This report will investigate the exponential distribution in R and compare it to the Central Limit Theorem. We will investigate the normality of means from multiple, randomly generated exponential means. According to the Central Limit Theorem, we expect the distribution of our randomly generated exponential means to be normal.
We will first prepare the workspace environment by setting global options, and installing and loading required libraries.
Establish global options for the report output.
list.of.packages <- c("knitr")
new.packages <- list.of.packages[!(list.of.packages %in% installed.packages()[,"Package"])]
if(length(new.packages)) install.packages(new.packages, repos = "http://cran.us.r-project.org")
suppressWarnings ( suppressMessages ( library ( knitr ) ) )
knitr::opts_chunk$set(fig.width=8, fig.height=4, fig.path='figures/StatisticalInferenceCourseProject/StatisticalInferenceCourseProjectPart1_', echo=TRUE, warning=FALSE, message=FALSE)
Clear any existing variables from the workspace, set the working directory, and install required libraries if neccessary.
#Clear variables
rm ( list = ls ( all = TRUE ) )
#Get and set working directory
setwd ( getwd ( ) )
#Check installed status of requried packages, and install if necessary
list.of.packages <- c( "ggplot2" )
new.packages <- list.of.packages[!(list.of.packages %in% installed.packages()[,"Package"])]
if(length(new.packages)) install.packages(new.packages, repos = "http://cran.us.r-project.org")
suppressWarnings ( suppressMessages ( library ( ggplot2 ) ) )
We first need to simulate multiple exponential distributions, and store the results of our distributions in a matrix. Our simulation will consist of 1,000 trials of a 40 exponential sample. Note that lambda will be set to 0.2.
set.seed ( 123 ) #set seed to ensure reproducibility
l <- 0.2 #set lambda
n <- 40 #number of exponetials to simulate
trials <- 1000 #number of trials to perform
ExpMatrix <- as.data.frame ( matrix ( rexp ( n * trials, rate = l ), trials, n ) ) #Create a dataframe of the trials
For each of our trials, we will calculate the mean of the sample.
ExpMatrixMeans <- data.frame ( ExpMeans = apply ( ExpMatrix, 1, mean) ) #Create a dataframe of trial means
Let’s compare the behavior of our sample means to the theoretical mean of the exponential distribution.

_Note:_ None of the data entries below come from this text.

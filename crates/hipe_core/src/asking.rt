//! What the words of a command line ask.

ghost use Rattle.asm_text.specs.Entry.{entry_of};
ghost use Rattle.hipe_core.specs.Asking.{IsAsked, number_from, three_in};
ghost use Rattle.hipe_core.specs.Words as spec;
ghost use Rattle.mode_switch.specs.Call.{IsInRange};
ghost use Rattle.std.specs.List.{list_all};
ghost use Rattle.std.specs.Option.{option_copied};
ghost use Rattle.std.specs.Prelude.{◌≡◌, ◌≤◌, map, slice_get, string_bytes, IfSome};

use asm_text::is_entry;
use beam_code::Limits;
use mode_switch::{MOST_REDUCTIONS, MOST_WORDS};

/// The beginnings of options.
const NATIVE: &[u8] = b"--native=";

const REDUCTIONS: &[u8] = b"--reductions=";

const HEAP: &[u8] = b"--heap=";

const STACK: &[u8] = b"--stack=";

/// The choice of all functions.
const ALL: &[u8] = b"all";

/// The reductions of a call that names none, and the words of its heap and of its stack.
pub const REDUCTIONS_DEFAULT: u32 = 1_000_000;

pub const WORDS_DEFAULT: u32 = 1_048_576;

/// Which functions are to be in native form.
#[derive(Clone, Copy, PartialEq, Eq, Debug)]
pub enum Chosen {
    All,
}

/// What the words of a command line ask.
pub enum Asked<'a> {
    /// Nothing that the program knows.
    Nothing,
    /// To check the files that these words name.
    Check(&'a [String]),
    /// To compile the files that those of these words name which are no options.
    Compile(Chosen, &'a [String]),
    /// To run on this image the function with this entry on these arguments, under these limits.
    Run(&'a str, &'a str, &'a str, Limits),
}

/// The words of `run` that are no options.
#[derive(Drop)]
pub struct RunWords<'a> {
    pub image: &'a str,
    pub entry: &'a str,
    pub args: &'a str,
}

/// What stands behind the beginning of a word, where it begins so.
fn behind<'a>(front: &[u8], word: &'a [u8]) -> Option<&'a [u8]>
    ensures { option_copied result ≡ spec.behind front.now word.now }
{
    word.strip_prefix(front)
}

pub fn is_option(word: &[u8]) -> bool
    ensures { result ≡ spec.is_option word.now }
{
    behind(b"--", word).is_some()
}

/// A word that is no option, by its place among them.
pub fn other(words: &[String], place: usize) -> Option<&str>
    ensures { option_copied result ≡ slice_get (spec.others (map string_bytes words.now)) place }
{
    let mut skip = place;
    let mut left = words;
    while let Some((first, more)) = left.split_first() {
        let word = first.as_str();
        if !is_option(word.as_bytes()) {
            if skip == 0 {
                return Some(word);
            }
            skip -= 1;
        }
        left = more;
    }
    None
}

/// A value of an option, by its place among them.
fn value<'a>(option: &[u8], words: &'a [String], place: usize) -> Option<&'a [u8]>
    ensures { option_copied result ≡ slice_get (spec.values option.now (map string_bytes words.now)) place }
{
    let mut skip = place;
    let mut left = words;
    while let Some((first, more)) = left.split_first() {
        if let Some(value) = behind(option, first.as_str().as_bytes()) {
            if skip == 0 {
                return Some(value);
            }
            skip -= 1;
        }
        left = more;
    }
    None
}

/// Whether a word is none that `compile` does not have.
fn fits_compile(word: &[u8]) -> bool
    ensures { result ≡ spec.fits_compile word.now }
{
    if is_option(word) {
        behind(NATIVE, word).is_some()
    } else {
        true
    }
}

/// Whether a word is none that `run` does not have.
fn fits_run(word: &[u8]) -> bool
    ensures { result ≡ spec.fits_run word.now }
{
    if is_option(word) {
        behind(REDUCTIONS, word).is_some()
            || behind(HEAP, word).is_some()
            || behind(STACK, word).is_some()
    } else {
        true
    }
}

fn all_fit_check(words: &[String]) -> bool
    ensures { result ≡ list_all spec.fits_check (map string_bytes words.now) }
{
    for word in words {
        if is_option(word.as_str().as_bytes()) {
            return false;
        }
    }
    true
}

fn all_fit_compile(words: &[String]) -> bool
    ensures { result ≡ list_all spec.fits_compile (map string_bytes words.now) }
{
    for word in words {
        if !fits_compile(word.as_str().as_bytes()) {
            return false;
        }
    }
    true
}

fn all_fit_run(words: &[String]) -> bool
    ensures { result ≡ list_all spec.fits_run (map string_bytes words.now) }
{
    for word in words {
        if !fits_run(word.as_str().as_bytes()) {
            return false;
        }
    }
    true
}

fn is_digit(byte: u8) -> bool
    ensures { result ≡ spec.is_digit byte }
{
    byte >= b'0' && byte <= b'9'
}

/// The number that digits write, unless it passes `most` or a byte is no digit.
fn number_from(most: u32, digits: &[u8]) -> Option<u32>
    ensures number { result ≡ number_from most 0 digits.now }
    ensures within { IfSome result (λ n. n ≤ most) }
{
    let mut value = 0u64;
    let mut left = digits;
    while let Some((first, more)) = left.split_first() {
        let digit = *first;
        if !is_digit(digit) {
            return None;
        }
        let next = value * 10 + u64::from(digit - b'0');
        if next > u64::from(most) {
            return None;
        }
        value = next;
        left = more;
    }
    Some(value as u32)
}

#[tactic(auto, using(crate::proofs::Numbers::number_steps))]
fn number_in(most: u32, digits: &[u8]) -> Option<u32>
    ensures number { result ≡ spec.number_in most digits.now }
    ensures within { IfSome result (λ n. n ≤ most) }
{
    if digits.is_empty() {
        None
    } else {
        number_from(most, digits)
    }
}

/// A limit: the value of its option, or what holds without one.
fn limit(option: &[u8], default: u32, most: u32, words: &[String]) -> Option<u32>
    requires { default ≤ most }
    ensures limit { result ≡ spec.limit default most (spec.values option.now (map string_bytes words.now)) }
    ensures within { IfSome result (λ n. n ≤ most) }
{
    let Some(digits) = value(option, words, 0) else {
        return Some(default);
    };
    match value(option, words, 1) {
        None => number_in(most, digits),
        Some(_) => None,
    }
}

fn limits_of(words: &[String]) -> Option<Limits>
    ensures limits { result ≡ spec.limits_of (map string_bytes words.now) }
    ensures within { IfSome result IsInRange }
{
    let reductions = limit(REDUCTIONS, REDUCTIONS_DEFAULT, MOST_REDUCTIONS, words)?;
    let heap = limit(HEAP, WORDS_DEFAULT, MOST_WORDS, words)?;
    let stack = limit(STACK, WORDS_DEFAULT, MOST_WORDS, words)?;
    Some(Limits {
        reductions,
        heap,
        stack,
    })
}

/// The three words that are no options, where there are just three.
fn three(words: &[String]) -> Option<RunWords<'_>>
    ensures { three_in result ≡ spec.three_of (spec.others (map string_bytes words.now)) }
{
    let image = other(words, 0)?;
    let entry = other(words, 1)?;
    let args = other(words, 2)?;
    match other(words, 3) {
        None => Some(RunWords { image, entry, args }),
        Some(_) => None,
    }
}

/// The value of an option that stands once.
fn once<'a>(option: &[u8], words: &'a [String]) -> Option<&'a [u8]>
    ensures { option_copied result ≡ spec.only_of (spec.values option.now (map string_bytes words.now)) }
{
    let first = value(option, words, 0)?;
    match value(option, words, 1) {
        None => Some(first),
        Some(_) => None,
    }
}

fn ask_check(words: &[String]) -> Asked<'_>
    ensures { IsAsked result (spec.check_of (map string_bytes words.now)) }
{
    if !all_fit_check(words) {
        return Asked::Nothing;
    }
    match other(words, 0) {
        None => Asked::Nothing,
        Some(_) => Asked::Check(words),
    }
}

fn ask_compile(words: &[String]) -> Asked<'_>
    ensures { IsAsked result (spec.compile_of (map string_bytes words.now)) }
{
    if !all_fit_compile(words) {
        return Asked::Nothing;
    }
    let Some(choice) = once(NATIVE, words) else {
        return Asked::Nothing;
    };
    match other(words, 0) {
        None => Asked::Nothing,
        Some(_) => {
            if choice == ALL {
                Asked::Compile(Chosen::All, words)
            } else {
                Asked::Nothing
            }
        }
    }
}

fn ask_run(words: &[String]) -> Asked<'_>
    ensures { IsAsked result (spec.run_of (map string_bytes words.now)) }
{
    if !all_fit_run(words) {
        return Asked::Nothing;
    }
    let Some(limits) = limits_of(words) else {
        return Asked::Nothing;
    };
    let Some(run) = three(words) else {
        return Asked::Nothing;
    };
    if is_entry(run.entry.as_bytes()) {
        Asked::Run(run.image, run.entry, run.args, limits)
    } else {
        Asked::Nothing
    }
}

/// What the words ask.
pub fn ask(words: &[String]) -> Asked<'_>
    ensures { IsAsked result (spec.asked (map string_bytes words.now)) }
{
    match words.split_first() {
        None => Asked::Nothing,
        Some((command, words)) => {
            if command.as_str() == "check" {
                ask_check(words)
            } else if command.as_str() == "compile" {
                ask_compile(words)
            } else if command.as_str() == "run" {
                ask_run(words)
            } else {
                Asked::Nothing
            }
        }
    }
}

Let’s plot the distribution of the means from each of our simulations.
ggplot (data = ExpMatrixMeans, aes (x = ExpMeans)) +
geom_histogram (binwidth = 0.25,
fill = "blue",
colour = "blue") +
labs(title = "Sample Means Distribution", x = "Sample Means", y = "Count") +
scale_x_continuous (limits = c(floor (min (
ExpMatrixMeans$ExpMeans
)), ceiling (max (
ExpMatrixMeans$ExpMeans
))),
breaks = seq (0, ceiling (max (
ExpMatrixMeans$ExpMeans
)), 1)) +
scale_y_continuous (limits = c (0, 150))
As we can see, the distribution of the sample means from our simulations closely resembles a normal distribution - the distribution is unimodal and symmetric. This behavior is expected according to the Central Limit Theorem. Thus, even though exponential distributions are not normal, the distribution of means from many exponential distributions are normal.
Let’s assess the normality of our sample means distribution via a normal probability plot.

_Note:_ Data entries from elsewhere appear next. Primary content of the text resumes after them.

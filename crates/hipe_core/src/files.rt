//! Modules that are read from files of texts.

ghost use Rattle.hipe_core.specs.Files.{AddsText, IsQuiet, IsRefusal, ReadsFile, ReadsModules, ReadsTexts, course};
ghost use Rattle.hipe_core.specs.Words.{others};
ghost use Rattle.std.specs.Prelude.{◌<◌, length, map, string_bytes};

use crate::Ending;
use crate::asking::{is_option, other};
use beam_check::Checked;
use beam_code::MOST_TEXT_BYTES;
use beam_profile::ModuleRefusal;
use hipe_base::{Files, ReadRefusal, read_file};
use module_texts::{TextsRefusal, check_texts};
use sqlite_items::Items;
use std::alloc::Global;

/// The bytes of a file, of which there may be so many.
fn read_text<'a, F: Files>(
    alloc: Global,
    file: &'a str,
    room: usize,
    files: &mut F,
) -> Result<Items<u8>, Ending<'a>>
    ensures text { ReadsFile result file.now room (course (F.told files.old) (F.told files.new)) }
    ensures quiet { IsQuiet (course (F.told files.old) (F.told files.new)) }
{
    match read_file(alloc, files, file, room) {
        Ok(text) => Ok(Items::from_vec(text)),
        Err(ReadRefusal::Fault) => Err(Ending::CannotRead(file)),
        Err(ReadRefusal::TooLong) => Err(Ending::TooLong(file)),
        Err(ReadRefusal::Memory(_)) => Err(Ending::NoMemory),
    }
}

/// Reads the text of one more file, and gives how many bytes those that follow may have.
fn add_text<'a, F: Files>(
    alloc: Global,
    file: &'a str,
    room: usize,
    texts: &mut Items<Items<u8>>,
    files: &mut F,
) -> Result<usize, Ending<'a>>
    ensures text { AddsText result texts.old texts.new file.now room (course (F.told files.old) (F.told files.new)) }
    ensures quiet { IsQuiet (course (F.told files.old) (F.told files.new)) }
{
    match read_text(alloc, file, room, files) {
        Err(ending) => Err(ending),
        Ok(text) => {
            let left = room - text.len();
            texts.push(text)?;
            Ok(left)
        }
    }
}

/// The texts of the files that those of these words name which are no options.
fn read_texts<'a, F: Files>(
    alloc: Global,
    words: &'a [String],
    files: &mut F,
) -> Result<Items<Items<u8>>, Ending<'a>>
    ensures texts { ReadsTexts result (others (map string_bytes words.now)) (course (F.told files.old) (F.told files.new)) }
    ensures quiet { IsQuiet (course (F.told files.old) (F.told files.new)) }
{
    let mut texts = Items::new(alloc);
    let mut room = MOST_TEXT_BYTES;
    let mut left = words;
    while let Some((first, more)) = left.split_first() {
        let file = first.as_str();
        if !is_option(file.as_bytes()) {
            match add_text(alloc, file, room, &mut texts, files) {
                Ok(rest) => room = rest,
                Err(ending) => return Err(ending),
            }
        }
        left = more;
    }
    Ok(texts)
}

/// The ending for the text at this place.
fn module_refused<'a>(words: &'a [String], index: usize, refusal: ModuleRefusal) -> Ending<'a>
    requires { index < length (others (map string_bytes words.now)) }
    ensures { IsRefusal result (others (map string_bytes words.now)) index refusal }
{
    match other(words, index) {
        Some(file) => Ending::ModuleRefused(file, refusal),
        None => unreachable!(),
    }
}

/// The modules of the files that those of these words name which are no options.
pub fn checked_files<'a, F: Files>(
    alloc: Global,
    words: &'a [String],
    files: &mut F,
) -> Result<Checked, Ending<'a>>
    ensures modules { ReadsModules result (others (map string_bytes words.now)) (course (F.told files.old) (F.told files.new)) }
    ensures quiet { IsQuiet (course (F.told files.old) (F.told files.new)) }
{
    let texts = read_texts(alloc, words, files)?;
    match check_texts(alloc, texts.as_slice()) {
        Ok(checked) => Ok(checked),
        Err(TextsRefusal::Module { index, refusal }) => Err(module_refused(words, index, refusal)),
        Err(TextsRefusal::Check(refusal)) => Err(Ending::CheckRefused(refusal)),
        Err(TextsRefusal::Memory(_)) => Err(Ending::NoMemory),
    }
}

qqnorm(ExpMatrixMeans$ExpMeans) #plot the q-q plot
qqline(ExpMatrixMeans$ExpMeans) #plot the normality line
Again we can see very normal behavior from our sample means, as our sample means distribution closely fits the normal, theoretical quantile modeled line.
Let’s compare distribution centers between our theoretical mean and our sample means.

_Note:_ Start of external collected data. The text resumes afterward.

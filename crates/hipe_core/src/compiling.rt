//! Modules are compiled to an image.

ghost use Rattle.hipe_core.specs.Command.{Compiles, effects};
ghost use Rattle.hipe_core.specs.Files.{IsQuiet, course};
ghost use Rattle.hipe_core.specs.Image.{IsCompilable, IsImageOf};
ghost use Rattle.hipe_core.specs.Words.{others};
ghost use Rattle.hipe_core.specs.Writing.{IsNotBuiltBy, WritesImageOf};
ghost use Rattle.std.specs.Prelude.{◌<◌, IfOk, length, map, string_bytes};

use crate::Ending;
use crate::asking::{Chosen, other};
use crate::files::checked_files;
use crate::saying::put_piece;
use beam_check::Checked;
use hipe_base::{Files, Sink};
use image_format::image_bytes;
use std::alloc::{AllocError, Global};
use trivial_code::{are_trivial, parts};

/// The image of these modules, with all of their functions in native form.
pub fn compile(alloc: Global, checked: &Checked) -> Result<Vec<u8>, AllocError>
    requires { IsCompilable checked.now }
    ensures { IfOk result (λ bytes. IsImageOf checked.now bytes.items) }
{
    let parts = parts(alloc, checked)?;
    image_bytes(alloc, &parts)
}

/// Writes the image of these modules, or says why not.
fn write_image<'a, O: Sink>(alloc: Global, checked: &Checked, out: &mut O) -> Ending<'a>
    requires { IsCompilable checked.now }
    ensures { WritesImageOf result checked.now (O.seen out.old) (O.seen out.new) }
{
    match compile(alloc, checked) {
        Err(_) => Ending::NoMemory,
        Ok(bytes) => {
            if put_piece(out, bytes.as_slice()) {
                Ending::Said(0)
            } else {
                Ending::CannotWrite
            }
        }
    }
}

/// The ending where some function is none that this stage compiles.
fn not_built(words: &[String]) -> Ending<'_>
    requires { 0 < length (others (map string_bytes words.now)) }
    ensures { IsNotBuiltBy result (others (map string_bytes words.now)) }
{
    match other(words, 0) {
        Some(file) => Ending::NotBuilt(file),
        None => unreachable!(),
    }
}

/// Compiles the modules of the files that those of these words name which are no options.
pub fn compile_files<'a, F: Files, O: Sink>(
    alloc: Global,
    chosen: Chosen,
    words: &'a [String],
    files: &mut F,
    out: &mut O,
) -> Ending<'a>
    requires { 0 < length (others (map string_bytes words.now)) }
    ensures ends { Compiles result (others (map string_bytes words.now)) (effects (course (F.told files.old) (F.told files.new)) (O.seen out.old) (O.seen out.new)) }
    ensures quiet { IsQuiet (course (F.told files.old) (F.told files.new)) }
{
    match chosen {
        Chosen::All => match checked_files(alloc, words, files) {
            Err(ending) => ending,
            Ok(checked) => {
                if are_trivial(&checked) {
                    write_image(alloc, &checked, out)
                } else {
                    not_built(words)
                }
            }
        },
    }
}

TheoreticalMean <- 1 / l #The theoretical mean is 1 / lambda
TrialsMean <- round ( mean ( ExpMatrixMeans$ExpMeans ), 2 ) #Compute the mean of sample means from the simulated trials
Our theoretical mean is 5, and the mean of our sample means is 5.01. Since these means are very close, we’ve demonstrate the center of means from our multiple trials is virtually the same as the theoretical mean. This behavior is also expected according to the Central Limit Theorem.
To assess the sample variance versus the theoretical variance, let’s compare the standard deviations of our sample means to the theoretical standard deviation.
TheoreticalSD <- ( 1 / l ) / sqrt ( n ) #The theoretical standard deviation is ( 1 / l ) / sqrt ( n )
TrialsSD <- sd ( ExpMatrixMeans$ExpMeans ) #calculate the standard deviation of the sample means
Our theoretical standard deviation of the sample means is 0.7905694, and the standard deviation of our sample means is 0.7802751. Yet again, this behavior is expected according to the Central Limit Theorem - the variance of our sample means should be virtually identital to the theoretical standard deviation of the sample.